▶ DATA SUPPLIED
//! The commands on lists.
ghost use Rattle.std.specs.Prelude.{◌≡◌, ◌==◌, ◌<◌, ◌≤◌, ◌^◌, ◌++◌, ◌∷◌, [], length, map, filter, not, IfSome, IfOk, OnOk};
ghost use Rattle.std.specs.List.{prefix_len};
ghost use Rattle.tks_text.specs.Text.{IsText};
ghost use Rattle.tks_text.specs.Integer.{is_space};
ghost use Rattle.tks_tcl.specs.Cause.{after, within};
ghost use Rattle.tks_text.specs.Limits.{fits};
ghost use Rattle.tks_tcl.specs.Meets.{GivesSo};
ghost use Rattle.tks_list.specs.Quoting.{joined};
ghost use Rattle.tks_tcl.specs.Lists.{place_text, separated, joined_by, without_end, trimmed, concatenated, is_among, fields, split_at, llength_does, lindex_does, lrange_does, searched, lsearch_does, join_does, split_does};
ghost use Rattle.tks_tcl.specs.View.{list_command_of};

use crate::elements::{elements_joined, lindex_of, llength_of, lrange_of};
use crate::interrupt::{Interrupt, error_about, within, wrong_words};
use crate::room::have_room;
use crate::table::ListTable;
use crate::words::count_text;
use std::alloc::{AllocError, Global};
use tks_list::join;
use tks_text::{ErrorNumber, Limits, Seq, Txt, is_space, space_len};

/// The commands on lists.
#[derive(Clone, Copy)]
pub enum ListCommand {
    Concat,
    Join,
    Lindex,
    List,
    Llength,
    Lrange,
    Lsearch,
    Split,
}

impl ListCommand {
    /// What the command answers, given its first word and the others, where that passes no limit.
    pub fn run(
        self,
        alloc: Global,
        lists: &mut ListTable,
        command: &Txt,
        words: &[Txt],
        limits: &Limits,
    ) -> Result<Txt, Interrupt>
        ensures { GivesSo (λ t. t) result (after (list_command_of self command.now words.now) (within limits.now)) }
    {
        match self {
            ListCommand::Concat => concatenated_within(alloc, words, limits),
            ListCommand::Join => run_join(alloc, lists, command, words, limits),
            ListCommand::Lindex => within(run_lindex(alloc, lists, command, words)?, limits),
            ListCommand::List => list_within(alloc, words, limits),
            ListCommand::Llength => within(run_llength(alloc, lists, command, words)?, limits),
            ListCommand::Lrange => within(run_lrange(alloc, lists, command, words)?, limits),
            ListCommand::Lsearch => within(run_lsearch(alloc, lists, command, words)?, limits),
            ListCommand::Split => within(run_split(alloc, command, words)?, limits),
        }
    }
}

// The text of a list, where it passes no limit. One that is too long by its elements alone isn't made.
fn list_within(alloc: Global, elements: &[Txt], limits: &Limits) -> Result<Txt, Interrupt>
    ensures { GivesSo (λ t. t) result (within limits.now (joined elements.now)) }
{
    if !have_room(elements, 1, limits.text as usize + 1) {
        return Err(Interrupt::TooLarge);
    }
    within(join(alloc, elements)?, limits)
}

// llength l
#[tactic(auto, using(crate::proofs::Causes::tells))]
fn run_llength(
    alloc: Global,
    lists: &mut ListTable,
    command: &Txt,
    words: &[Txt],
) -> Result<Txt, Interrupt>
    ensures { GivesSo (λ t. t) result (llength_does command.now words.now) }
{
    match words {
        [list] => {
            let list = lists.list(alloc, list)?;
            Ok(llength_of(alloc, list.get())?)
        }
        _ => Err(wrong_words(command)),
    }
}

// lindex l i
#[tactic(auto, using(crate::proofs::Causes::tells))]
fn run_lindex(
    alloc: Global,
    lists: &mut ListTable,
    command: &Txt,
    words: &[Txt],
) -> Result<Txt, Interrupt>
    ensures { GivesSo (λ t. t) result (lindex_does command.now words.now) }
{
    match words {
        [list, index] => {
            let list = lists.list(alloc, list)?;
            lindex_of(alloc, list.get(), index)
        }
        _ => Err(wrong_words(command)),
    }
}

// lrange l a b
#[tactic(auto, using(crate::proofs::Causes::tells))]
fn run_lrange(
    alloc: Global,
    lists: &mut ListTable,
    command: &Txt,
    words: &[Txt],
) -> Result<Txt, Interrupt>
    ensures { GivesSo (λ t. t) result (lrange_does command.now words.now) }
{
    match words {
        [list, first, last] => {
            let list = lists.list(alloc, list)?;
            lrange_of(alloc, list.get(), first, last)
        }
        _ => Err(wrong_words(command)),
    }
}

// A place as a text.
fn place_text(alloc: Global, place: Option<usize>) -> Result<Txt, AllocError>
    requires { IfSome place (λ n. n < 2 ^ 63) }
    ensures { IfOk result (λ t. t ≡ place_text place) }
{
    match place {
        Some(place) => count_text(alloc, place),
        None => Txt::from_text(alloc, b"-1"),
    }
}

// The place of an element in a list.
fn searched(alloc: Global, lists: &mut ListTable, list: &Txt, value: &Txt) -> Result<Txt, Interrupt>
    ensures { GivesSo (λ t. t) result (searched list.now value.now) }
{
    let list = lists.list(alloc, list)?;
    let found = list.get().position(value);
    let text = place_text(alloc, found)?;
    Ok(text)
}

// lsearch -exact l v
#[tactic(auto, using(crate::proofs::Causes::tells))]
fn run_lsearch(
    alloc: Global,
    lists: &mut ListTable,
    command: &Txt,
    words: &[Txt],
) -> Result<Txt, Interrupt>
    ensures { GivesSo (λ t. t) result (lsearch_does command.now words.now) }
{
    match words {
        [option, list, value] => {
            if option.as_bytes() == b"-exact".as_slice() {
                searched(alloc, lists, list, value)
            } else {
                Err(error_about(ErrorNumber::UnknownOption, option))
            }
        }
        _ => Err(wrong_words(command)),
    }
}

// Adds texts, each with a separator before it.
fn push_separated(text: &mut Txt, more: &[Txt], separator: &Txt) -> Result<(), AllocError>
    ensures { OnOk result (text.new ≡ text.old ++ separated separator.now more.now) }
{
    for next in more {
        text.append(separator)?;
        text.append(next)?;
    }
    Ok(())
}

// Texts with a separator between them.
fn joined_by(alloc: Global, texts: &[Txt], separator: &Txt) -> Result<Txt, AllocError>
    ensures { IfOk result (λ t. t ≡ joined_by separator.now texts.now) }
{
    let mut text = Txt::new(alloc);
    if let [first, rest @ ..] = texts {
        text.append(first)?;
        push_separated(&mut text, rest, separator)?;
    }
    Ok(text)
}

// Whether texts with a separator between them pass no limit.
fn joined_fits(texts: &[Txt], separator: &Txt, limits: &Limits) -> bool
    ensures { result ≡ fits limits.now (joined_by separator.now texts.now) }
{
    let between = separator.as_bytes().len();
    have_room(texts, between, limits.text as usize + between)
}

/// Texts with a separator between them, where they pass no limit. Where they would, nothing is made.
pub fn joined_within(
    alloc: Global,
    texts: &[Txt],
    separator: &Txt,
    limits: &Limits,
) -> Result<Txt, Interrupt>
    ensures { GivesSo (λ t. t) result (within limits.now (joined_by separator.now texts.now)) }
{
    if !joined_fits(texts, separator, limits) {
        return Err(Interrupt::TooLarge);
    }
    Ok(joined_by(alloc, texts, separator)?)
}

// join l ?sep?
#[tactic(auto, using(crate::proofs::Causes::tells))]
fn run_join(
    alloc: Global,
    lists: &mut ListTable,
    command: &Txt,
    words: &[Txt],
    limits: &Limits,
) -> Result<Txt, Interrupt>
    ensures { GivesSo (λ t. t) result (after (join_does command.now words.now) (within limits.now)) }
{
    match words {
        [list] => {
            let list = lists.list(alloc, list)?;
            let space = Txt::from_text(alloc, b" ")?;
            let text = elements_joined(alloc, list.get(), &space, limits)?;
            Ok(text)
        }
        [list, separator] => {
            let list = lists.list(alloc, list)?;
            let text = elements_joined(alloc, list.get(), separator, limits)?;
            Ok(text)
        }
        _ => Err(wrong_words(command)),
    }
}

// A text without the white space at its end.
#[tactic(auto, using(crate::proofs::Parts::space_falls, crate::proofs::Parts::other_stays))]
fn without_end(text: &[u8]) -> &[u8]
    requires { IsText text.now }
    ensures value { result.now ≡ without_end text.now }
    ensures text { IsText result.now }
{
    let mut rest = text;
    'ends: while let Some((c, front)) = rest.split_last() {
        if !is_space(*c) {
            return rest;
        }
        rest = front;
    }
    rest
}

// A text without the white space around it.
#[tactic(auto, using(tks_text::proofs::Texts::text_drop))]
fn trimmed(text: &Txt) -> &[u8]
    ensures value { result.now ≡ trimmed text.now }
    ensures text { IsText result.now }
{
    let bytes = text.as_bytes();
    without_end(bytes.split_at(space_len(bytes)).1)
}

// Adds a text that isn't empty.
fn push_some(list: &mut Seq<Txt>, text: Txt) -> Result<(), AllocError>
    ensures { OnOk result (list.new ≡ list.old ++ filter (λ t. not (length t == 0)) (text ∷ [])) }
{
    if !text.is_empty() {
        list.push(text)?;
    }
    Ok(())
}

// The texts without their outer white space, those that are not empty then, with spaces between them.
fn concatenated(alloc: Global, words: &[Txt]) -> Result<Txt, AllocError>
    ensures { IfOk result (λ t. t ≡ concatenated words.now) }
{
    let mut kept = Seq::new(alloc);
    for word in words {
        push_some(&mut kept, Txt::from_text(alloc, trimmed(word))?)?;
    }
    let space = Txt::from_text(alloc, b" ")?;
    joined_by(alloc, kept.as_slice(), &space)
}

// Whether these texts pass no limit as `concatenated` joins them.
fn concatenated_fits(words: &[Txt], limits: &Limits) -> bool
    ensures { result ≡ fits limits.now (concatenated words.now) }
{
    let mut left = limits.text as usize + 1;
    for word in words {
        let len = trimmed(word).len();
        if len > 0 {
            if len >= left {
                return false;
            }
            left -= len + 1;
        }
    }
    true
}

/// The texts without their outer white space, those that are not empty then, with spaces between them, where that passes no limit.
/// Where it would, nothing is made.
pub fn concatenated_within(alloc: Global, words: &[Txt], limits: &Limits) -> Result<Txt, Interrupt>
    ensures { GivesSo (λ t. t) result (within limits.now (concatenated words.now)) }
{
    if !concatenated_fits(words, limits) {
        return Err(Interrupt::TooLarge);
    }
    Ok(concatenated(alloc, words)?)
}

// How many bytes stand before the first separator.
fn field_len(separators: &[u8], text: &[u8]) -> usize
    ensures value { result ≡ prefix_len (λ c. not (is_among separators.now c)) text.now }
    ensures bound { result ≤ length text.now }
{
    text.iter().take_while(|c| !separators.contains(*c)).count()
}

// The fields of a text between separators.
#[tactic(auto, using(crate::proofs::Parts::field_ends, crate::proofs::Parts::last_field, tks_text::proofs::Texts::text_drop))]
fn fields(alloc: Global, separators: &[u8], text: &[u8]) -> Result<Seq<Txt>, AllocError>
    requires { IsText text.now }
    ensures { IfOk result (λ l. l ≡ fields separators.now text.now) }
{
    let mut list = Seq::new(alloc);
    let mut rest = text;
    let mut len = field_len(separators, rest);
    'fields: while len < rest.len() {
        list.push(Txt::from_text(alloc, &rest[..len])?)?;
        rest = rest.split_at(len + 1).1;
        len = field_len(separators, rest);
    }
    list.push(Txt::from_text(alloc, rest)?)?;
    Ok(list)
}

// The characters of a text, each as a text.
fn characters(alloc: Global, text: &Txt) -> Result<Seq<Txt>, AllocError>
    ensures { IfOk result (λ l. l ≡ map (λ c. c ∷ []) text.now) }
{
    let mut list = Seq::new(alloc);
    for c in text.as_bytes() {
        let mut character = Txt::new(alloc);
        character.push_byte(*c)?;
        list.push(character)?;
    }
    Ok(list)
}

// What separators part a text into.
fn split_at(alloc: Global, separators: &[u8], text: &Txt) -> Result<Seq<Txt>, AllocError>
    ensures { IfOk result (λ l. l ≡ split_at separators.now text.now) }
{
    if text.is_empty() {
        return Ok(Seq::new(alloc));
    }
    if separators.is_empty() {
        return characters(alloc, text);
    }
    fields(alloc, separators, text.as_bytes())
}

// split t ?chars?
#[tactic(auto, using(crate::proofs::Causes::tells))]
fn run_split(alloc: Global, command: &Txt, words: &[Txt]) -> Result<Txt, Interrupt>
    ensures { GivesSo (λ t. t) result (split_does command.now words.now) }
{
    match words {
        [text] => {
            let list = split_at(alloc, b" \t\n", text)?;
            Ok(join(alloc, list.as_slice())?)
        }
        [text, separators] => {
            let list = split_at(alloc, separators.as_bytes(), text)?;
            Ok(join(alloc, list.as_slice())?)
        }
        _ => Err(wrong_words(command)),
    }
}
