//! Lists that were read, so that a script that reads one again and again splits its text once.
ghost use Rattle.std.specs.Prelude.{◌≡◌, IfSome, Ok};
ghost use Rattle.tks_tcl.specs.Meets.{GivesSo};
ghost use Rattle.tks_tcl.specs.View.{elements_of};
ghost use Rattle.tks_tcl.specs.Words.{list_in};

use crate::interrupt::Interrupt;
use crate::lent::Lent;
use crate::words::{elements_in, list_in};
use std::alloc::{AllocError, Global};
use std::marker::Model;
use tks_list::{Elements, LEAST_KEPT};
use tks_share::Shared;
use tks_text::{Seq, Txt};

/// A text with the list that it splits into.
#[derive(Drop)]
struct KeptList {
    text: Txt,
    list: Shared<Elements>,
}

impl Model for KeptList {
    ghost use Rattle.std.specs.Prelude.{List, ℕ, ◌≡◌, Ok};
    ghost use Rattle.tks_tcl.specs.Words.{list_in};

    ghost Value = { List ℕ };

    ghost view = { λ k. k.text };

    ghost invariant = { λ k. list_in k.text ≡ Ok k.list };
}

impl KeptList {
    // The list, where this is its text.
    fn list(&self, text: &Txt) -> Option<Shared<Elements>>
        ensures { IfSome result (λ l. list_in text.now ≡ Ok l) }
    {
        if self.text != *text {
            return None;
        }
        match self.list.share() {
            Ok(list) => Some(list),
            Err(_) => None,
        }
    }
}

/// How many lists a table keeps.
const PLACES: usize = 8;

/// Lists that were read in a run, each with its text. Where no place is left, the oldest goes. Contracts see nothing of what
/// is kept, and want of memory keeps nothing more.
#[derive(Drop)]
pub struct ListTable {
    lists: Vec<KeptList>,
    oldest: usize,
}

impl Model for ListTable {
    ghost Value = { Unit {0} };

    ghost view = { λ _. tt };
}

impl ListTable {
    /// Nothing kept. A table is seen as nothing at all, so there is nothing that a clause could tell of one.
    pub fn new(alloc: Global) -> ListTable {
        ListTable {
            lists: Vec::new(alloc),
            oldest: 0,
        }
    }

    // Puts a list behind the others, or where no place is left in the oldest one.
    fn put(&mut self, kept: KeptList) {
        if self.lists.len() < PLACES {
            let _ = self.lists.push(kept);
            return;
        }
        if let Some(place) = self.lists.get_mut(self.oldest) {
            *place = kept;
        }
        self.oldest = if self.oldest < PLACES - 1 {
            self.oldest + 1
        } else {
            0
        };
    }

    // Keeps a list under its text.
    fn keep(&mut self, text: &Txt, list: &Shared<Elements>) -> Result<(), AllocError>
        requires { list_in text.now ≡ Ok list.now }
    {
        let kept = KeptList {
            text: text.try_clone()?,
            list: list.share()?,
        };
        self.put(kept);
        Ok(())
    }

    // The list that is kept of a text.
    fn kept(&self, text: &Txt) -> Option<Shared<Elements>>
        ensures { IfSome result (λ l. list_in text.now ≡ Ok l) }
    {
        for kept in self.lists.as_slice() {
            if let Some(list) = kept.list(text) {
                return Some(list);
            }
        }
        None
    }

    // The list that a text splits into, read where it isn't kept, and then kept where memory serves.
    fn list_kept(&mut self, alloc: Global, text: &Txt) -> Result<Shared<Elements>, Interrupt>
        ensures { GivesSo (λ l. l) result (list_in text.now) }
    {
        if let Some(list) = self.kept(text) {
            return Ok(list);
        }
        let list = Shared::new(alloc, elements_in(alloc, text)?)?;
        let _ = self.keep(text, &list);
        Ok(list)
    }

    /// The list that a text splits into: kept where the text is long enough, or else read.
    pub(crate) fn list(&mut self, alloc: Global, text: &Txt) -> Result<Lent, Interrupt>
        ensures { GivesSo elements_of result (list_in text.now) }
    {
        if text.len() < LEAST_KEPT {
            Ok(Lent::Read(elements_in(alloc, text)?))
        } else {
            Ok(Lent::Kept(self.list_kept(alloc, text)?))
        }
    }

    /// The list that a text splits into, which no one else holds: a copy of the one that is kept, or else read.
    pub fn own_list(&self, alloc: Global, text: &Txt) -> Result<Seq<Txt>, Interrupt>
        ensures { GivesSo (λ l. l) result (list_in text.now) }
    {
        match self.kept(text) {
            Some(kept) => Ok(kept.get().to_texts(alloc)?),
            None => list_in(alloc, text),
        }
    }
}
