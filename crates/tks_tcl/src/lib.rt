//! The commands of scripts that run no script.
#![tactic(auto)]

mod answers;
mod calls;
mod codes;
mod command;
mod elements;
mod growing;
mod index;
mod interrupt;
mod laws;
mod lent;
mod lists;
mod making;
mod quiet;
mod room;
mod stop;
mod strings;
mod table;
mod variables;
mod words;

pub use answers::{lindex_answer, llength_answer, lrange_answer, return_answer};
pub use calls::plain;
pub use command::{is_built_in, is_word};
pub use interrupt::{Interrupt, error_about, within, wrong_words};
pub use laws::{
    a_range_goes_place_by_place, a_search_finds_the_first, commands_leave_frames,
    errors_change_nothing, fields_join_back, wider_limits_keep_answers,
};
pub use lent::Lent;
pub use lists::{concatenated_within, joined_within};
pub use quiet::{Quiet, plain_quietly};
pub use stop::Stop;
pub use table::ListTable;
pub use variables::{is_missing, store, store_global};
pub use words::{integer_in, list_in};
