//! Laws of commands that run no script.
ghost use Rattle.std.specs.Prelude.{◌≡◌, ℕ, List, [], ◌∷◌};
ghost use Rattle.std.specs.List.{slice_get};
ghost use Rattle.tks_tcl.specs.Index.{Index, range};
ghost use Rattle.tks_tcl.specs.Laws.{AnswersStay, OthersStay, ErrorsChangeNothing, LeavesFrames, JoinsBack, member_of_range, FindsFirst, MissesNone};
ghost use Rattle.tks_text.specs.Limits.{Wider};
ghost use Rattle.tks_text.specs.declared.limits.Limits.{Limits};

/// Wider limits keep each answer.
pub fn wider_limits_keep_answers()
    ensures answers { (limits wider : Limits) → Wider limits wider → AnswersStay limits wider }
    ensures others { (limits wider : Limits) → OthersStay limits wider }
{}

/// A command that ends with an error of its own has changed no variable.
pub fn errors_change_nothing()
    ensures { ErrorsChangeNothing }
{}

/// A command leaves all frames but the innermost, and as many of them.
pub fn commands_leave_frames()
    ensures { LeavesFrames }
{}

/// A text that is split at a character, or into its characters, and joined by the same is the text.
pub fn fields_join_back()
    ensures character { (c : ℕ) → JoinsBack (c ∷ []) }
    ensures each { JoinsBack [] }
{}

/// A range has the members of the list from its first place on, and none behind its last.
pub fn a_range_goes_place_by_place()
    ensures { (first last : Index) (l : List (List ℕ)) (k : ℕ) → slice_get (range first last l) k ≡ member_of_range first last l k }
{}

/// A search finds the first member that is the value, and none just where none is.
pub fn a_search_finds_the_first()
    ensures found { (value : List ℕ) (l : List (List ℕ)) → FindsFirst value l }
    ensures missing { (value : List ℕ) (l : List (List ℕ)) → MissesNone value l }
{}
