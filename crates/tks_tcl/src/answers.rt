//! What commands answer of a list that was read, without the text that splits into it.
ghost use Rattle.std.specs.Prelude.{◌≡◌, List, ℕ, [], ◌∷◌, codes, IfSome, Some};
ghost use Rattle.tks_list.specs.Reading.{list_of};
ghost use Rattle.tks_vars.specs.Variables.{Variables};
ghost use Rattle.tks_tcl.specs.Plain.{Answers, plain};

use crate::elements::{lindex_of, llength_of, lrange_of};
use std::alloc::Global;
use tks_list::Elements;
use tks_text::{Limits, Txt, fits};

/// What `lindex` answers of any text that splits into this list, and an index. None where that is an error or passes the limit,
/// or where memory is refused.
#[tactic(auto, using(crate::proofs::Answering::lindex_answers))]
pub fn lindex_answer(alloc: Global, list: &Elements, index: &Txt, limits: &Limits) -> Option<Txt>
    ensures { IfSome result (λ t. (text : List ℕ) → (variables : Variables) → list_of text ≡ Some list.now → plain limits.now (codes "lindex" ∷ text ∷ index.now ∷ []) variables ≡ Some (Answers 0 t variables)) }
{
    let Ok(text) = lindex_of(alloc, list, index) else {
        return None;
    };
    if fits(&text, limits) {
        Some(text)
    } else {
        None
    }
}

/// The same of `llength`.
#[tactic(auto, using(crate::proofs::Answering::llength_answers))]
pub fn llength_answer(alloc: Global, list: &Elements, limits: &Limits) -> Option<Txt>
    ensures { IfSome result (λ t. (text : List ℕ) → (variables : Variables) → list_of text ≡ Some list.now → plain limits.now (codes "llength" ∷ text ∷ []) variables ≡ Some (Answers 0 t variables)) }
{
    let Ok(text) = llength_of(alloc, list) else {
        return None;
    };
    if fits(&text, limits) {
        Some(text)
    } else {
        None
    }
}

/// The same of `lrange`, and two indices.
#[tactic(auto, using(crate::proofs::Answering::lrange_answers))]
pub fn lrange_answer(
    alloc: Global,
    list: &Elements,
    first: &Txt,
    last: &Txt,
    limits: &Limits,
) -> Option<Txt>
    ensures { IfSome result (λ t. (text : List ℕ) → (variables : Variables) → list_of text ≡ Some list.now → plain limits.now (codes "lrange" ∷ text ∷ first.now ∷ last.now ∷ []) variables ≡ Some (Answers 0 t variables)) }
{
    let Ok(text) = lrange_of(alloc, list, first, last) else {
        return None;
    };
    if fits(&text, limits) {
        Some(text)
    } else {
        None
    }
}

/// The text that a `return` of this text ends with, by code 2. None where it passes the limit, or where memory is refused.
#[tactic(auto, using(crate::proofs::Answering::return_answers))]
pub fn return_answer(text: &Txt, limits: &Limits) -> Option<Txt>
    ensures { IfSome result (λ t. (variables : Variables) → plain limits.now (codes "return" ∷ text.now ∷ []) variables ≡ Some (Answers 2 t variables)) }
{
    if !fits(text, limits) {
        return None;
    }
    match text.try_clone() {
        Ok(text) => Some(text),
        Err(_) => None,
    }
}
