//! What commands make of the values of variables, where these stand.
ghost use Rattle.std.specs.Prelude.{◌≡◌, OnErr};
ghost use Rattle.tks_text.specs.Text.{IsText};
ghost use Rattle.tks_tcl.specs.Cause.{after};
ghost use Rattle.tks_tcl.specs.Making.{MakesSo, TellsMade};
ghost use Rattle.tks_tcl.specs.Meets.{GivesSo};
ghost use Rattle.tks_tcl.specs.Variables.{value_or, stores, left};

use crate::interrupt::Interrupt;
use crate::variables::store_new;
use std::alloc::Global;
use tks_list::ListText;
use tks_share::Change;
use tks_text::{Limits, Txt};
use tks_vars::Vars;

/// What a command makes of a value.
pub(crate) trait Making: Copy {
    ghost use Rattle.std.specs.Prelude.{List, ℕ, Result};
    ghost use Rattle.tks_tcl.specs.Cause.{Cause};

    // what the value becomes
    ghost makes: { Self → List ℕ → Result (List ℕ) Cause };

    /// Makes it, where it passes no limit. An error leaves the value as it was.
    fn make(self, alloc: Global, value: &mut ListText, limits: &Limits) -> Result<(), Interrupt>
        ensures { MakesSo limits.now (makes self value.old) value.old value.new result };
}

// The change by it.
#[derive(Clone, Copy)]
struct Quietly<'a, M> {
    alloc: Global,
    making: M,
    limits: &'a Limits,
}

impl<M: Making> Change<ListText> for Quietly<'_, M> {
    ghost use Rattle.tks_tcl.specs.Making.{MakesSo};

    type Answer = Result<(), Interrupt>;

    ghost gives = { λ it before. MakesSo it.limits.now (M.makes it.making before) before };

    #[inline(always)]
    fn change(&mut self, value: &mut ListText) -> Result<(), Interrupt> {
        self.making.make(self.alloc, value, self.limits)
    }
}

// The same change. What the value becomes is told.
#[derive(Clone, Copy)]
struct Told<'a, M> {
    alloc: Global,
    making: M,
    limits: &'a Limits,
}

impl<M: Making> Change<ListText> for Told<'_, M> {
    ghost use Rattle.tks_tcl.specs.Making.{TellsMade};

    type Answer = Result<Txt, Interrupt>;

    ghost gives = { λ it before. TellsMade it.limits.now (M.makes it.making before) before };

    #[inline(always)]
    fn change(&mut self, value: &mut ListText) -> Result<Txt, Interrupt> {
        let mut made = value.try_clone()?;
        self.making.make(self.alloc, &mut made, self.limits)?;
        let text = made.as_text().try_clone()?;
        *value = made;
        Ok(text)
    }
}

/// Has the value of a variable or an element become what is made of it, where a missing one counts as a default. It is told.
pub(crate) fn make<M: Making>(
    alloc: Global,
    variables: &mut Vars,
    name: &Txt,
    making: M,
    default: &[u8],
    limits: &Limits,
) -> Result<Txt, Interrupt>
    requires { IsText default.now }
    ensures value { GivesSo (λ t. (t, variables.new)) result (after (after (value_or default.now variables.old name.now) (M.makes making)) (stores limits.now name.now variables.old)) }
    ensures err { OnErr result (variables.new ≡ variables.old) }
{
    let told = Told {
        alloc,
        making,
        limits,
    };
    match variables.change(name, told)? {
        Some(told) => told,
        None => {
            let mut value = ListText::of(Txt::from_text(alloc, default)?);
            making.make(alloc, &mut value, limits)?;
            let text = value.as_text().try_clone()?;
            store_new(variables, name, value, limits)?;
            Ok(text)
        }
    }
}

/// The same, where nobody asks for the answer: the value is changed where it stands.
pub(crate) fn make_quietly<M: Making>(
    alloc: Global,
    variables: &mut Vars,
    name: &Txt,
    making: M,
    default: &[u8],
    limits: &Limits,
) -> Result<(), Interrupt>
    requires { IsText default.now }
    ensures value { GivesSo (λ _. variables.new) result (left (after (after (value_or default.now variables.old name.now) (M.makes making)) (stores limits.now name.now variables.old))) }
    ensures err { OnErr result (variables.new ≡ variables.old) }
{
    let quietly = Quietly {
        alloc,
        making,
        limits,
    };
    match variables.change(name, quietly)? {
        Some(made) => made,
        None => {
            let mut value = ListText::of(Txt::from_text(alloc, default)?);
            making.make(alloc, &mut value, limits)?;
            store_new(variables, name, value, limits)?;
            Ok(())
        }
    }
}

▶ TASK
In the entries above, find each line with the word "crates" and show it.

▶ WRITTEN SOLUTION
filename crates/tks_tcl/src/lib.rt
filename crates/tks_tcl/src/answers.rt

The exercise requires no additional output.